Flaubert apparait extrêmement sensible à l’immobilité du monde c’est à dire à la force des choses, pour utiliser cette expression étrange. Il y a en effet pour Flaubert un fatalisme de la force des choses. Pour Flaubert le monde revient à la fois presque immobile et comme intégralement indifférent à la vie des hommes. « J’ai revu à 2 heures d’ici un village où j’avais été il y a onze ans avec ce bon Orlowski. Rien n’était changé aux maisons, ni à la falaise, ni aux barques. Les femmes au lavoir, étaient agenouillées dans la même pose, en même nombre (?), et battaient leur linge sale dans la même eau bleue. – Il pleuvait un peu, comme l’autre fois. – Il semble, à certains moments, que l’univers s’est immobilisé, que tout est devenu statue et que nous seuls vivons. » 

 

Et pourtant Flaubert apparait aussi sensible à l’impression inverse, celle d’une modification des choses du monde à l’intérieur d’une vie humaine inerte.
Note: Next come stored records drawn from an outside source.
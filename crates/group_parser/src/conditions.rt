//! Conditions, from the operators that bind the least to those that bind the most.

ghost use Rattle.std.specs.Prelude.{◌≡◌, ◌<◌, ◌≤◌, IfOk, length, ℕ};
ghost use Rattle.query_grammar.specs.Grammar.{Named};
ghost use Rattle.query_grammar.specs.Queries.{most_open};
ghost use Rattle.query_grammar.specs.Reading.{cmp_at, test_behind, tested, test_at, not_at, and_at, condition_at, conditions};
ghost use Rattle.query_checks.specs.Forms as form;
ghost use Rattle.query_checks.specs.Operators.{comparison_of, test_of};
ghost use Rattle.group_parser.specs.Views.{lexemes, condition_read, test_form, Gives};
ghost use Rattle.group_parser.specs.Nots.{nots, negated};

use crate::cursor::{after_comparison, after_word, looked_for};
use crate::fault::Read;
use crate::operands::operand;
use having_filter::{Comparison, Cond, IsTest};
use query_tokens::Token;
use std::alloc::{AllocError, Global};

/// A comparison of two operands.
fn compared(
    alloc: Global,
    comparison: Comparison,
    left: Cond<String>,
    right: Cond<String>,
) -> Result<Cond<String>, AllocError>
    ensures { IfOk result (λ c. condition_read c
        ≡ form.Compare (comparison_of comparison) (condition_read left) (condition_read right)) }
{
    Ok(Cond::Compare(comparison, Box::new(alloc, left)?, Box::new(alloc, right)?))
}

/// An IS test of an operand, or an IS NOT test.
fn tested(
    alloc: Global,
    test: IsTest,
    negated: bool,
    operand: Cond<String>,
) -> Result<Cond<String>, AllocError>
    ensures { IfOk result (λ c.
        condition_read c ≡ test_form (test_of test) negated (condition_read operand)) }
{
    let operand = Box::new(alloc, operand)?;
    Ok(Cond::Is {
        test,
        negated,
        operand,
    })
}

/// Two conditions, both of which are to be true.
fn both(alloc: Global, left: Cond<String>, right: Cond<String>) -> Result<Cond<String>, AllocError>
    ensures { IfOk result (λ c.
        condition_read c ≡ form.And (condition_read left) (condition_read right)) }
{
    Ok(Cond::And(Box::new(alloc, left)?, Box::new(alloc, right)?))
}

/// Two conditions, one of which is to be true.
fn either(
    alloc: Global,
    left: Cond<String>,
    right: Cond<String>,
) -> Result<Cond<String>, AllocError>
    ensures { IfOk result (λ c.
        condition_read c ≡ form.Or (condition_read left) (condition_read right)) }
{
    Ok(Cond::Or(Box::new(alloc, left)?, Box::new(alloc, right)?))
}

/// An operand, or a comparison of two.
#[cycle(conditions)]
#[tactic(auto, unfolding(query_grammar::specs::Reading::cmp_at))]
fn comparison<'a>(alloc: Global, room: usize, tokens: &'a [Token]) -> Read<'a, Cond<String>>
    ensures read { Gives (λ x. (condition_read x.0, lexemes x.1.now)) result
        (cmp_at (conditions most_open) room (lexemes tokens.now)) }
    ensures shorter { IfOk result (λ x. length x.1.now < length tokens.now) }
{
    let (left, rest) = operand(alloc, room, tokens)?;
    let Some((comparison, behind)) = after_comparison(rest) else {
        return Ok((left, rest));
    };
    let (right, rest) = operand(alloc, room, behind)?;
    Ok((compared(alloc, comparison, left, right)?, rest))
}

/// Whether NOT stands behind an IS, and the tokens behind it.
#[tactic(auto, unfolding(query_grammar::specs::Reading::tested))]
fn is_not(tokens: &[Token]) -> (bool, &[Token])
    ensures read { (operand : Named) → tested operand (lexemes tokens.now)
        ≡ test_behind result.0 operand (lexemes result.1.now) }
    ensures shorter { length result.1.now ≤ length tokens.now }
{
    match after_word(tokens, "not") {
        Some(behind) => (true, behind),
        None => (false, tokens),
    }
}

/// A comparison, with any number of IS tests behind it.
#[cycle(conditions)]
fn test<'a>(alloc: Global, room: usize, tokens: &'a [Token]) -> Read<'a, Cond<String>>
    ensures read { Gives (λ x. (condition_read x.0, lexemes x.1.now)) result
        (test_at (conditions most_open) room (lexemes tokens.now)) }
    ensures shorter { IfOk result (λ x. length x.1.now < length tokens.now) }
{
    let (mut read, mut rest) = comparison(alloc, room, tokens)?;
    while let Some(behind) = after_word(rest, "is") {
        let (negated, behind) = is_not(behind);
        let (test, next) = looked_for(behind)?;
        read = tested(alloc, test, negated, read)?;
        rest = next;
    }
    Ok((read, rest))
}

/// How many NOTs stand at the front, and the tokens after them.
fn count_nots(tokens: &[Token]) -> (usize, &[Token])
    ensures counted { (room : ℕ) → not_at (conditions most_open) room (lexemes tokens.now)
        ≡ nots result.0 (test_at (conditions most_open) room (lexemes result.1.now)) }
    ensures shorter { length result.1.now ≤ length tokens.now }
{
    let mut count = 0;
    let mut rest = tokens;
    while let Some(behind) = after_word(rest, "not") {
        count += 1;
        rest = behind;
    }
    (count, rest)
}

/// A condition after this many NOTs.
#[tactic(auto, using(crate::proofs::Readers::one_more_negated))]
fn negated(alloc: Global, count: usize, operand: Cond<String>) -> Result<Cond<String>, AllocError>
    ensures { IfOk result (λ c. condition_read c ≡ negated count (condition_read operand)) }
{
    let mut negated = operand;
    for _ in 0..count {
        negated = Cond::Not(Box::new(alloc, negated)?);
    }
    Ok(negated)
}

/// A test, with any number of NOTs before it.
#[cycle(conditions)]
fn negation<'a>(alloc: Global, room: usize, tokens: &'a [Token]) -> Read<'a, Cond<String>>
    ensures read { Gives (λ x. (condition_read x.0, lexemes x.1.now)) result
        (not_at (conditions most_open) room (lexemes tokens.now)) }
    ensures shorter { IfOk result (λ x. length x.1.now < length tokens.now) }
{
    let (count, behind) = count_nots(tokens);
    let (read, rest) = test(alloc, room, behind)?;
    Ok((negated(alloc, count, read)?, rest))
}

/// Any number of conditions between ANDs, grouped to the left.
#[cycle(conditions)]
fn conjunction<'a>(alloc: Global, room: usize, tokens: &'a [Token]) -> Read<'a, Cond<String>>
    ensures read { Gives (λ x. (condition_read x.0, lexemes x.1.now)) result
        (and_at (conditions most_open) room (lexemes tokens.now)) }
    ensures shorter { IfOk result (λ x. length x.1.now < length tokens.now) }
{
    let (mut read, mut rest) = negation(alloc, room, tokens)?;
    while let Some(behind) = after_word(rest, "and") {
        let (right, next) = negation(alloc, room, behind)?;
        read = both(alloc, read, right)?;
        rest = next;
    }
    Ok((read, rest))
}

/// A condition, in which so many more parentheses may be opened: any number of conditions between ORs, grouped to the
/// left. How deep it calls itself is bounded by the parentheses and by the FILTERs that stand in one another.
#[cycle(conditions)]
pub(crate) fn condition<'a>(
    alloc: Global,
    room: usize,
    tokens: &'a [Token],
) -> Read<'a, Cond<String>>
    ensures read { Gives (λ x. (condition_read x.0, lexemes x.1.now)) result
        (condition_at most_open room (lexemes tokens.now)) }
    ensures shorter { IfOk result (λ x. length x.1.now < length tokens.now) }
{
    let (mut read, mut rest) = conjunction(alloc, room, tokens)?;
    while let Some(behind) = after_word(rest, "or") {
        let (right, next) = conjunction(alloc, room, behind)?;
        read = either(alloc, read, right)?;
        rest = next;
    }
    Ok((read, rest))
}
« Il faut que la vie de l’homme soit bien longue, puisque les maisons, les pierres, la terre, tout cela a le temps de changer entre deux états de l’âme. » « Je retrouve ici les bonnes gens que j’ai connues il y a dix ans. Ils portent les mêmes habits, les mêmes mines ; les femmes seulement sont engraissées et les hommes un peu blanchis. Cela me stupéfait l’immobilité de tous ces êtres ! D’autre part, on a bâti des maisons, élargi le quai, fait des rues, etc. »

 

Pour Flaubert c’est comme si l’immobilité immémoriale du monde révélait aussi l’incapacité de l’homme à se définir lui-même. L’immobilité indestructible du monde ressemble pour Flaubert à une gigantesque farce qui révèle la fugacité indéfinie de l’homme. (Il me semble que cette vision de l’identité impossible selon Flaubert est d’ailleurs assez proche de la tienne.)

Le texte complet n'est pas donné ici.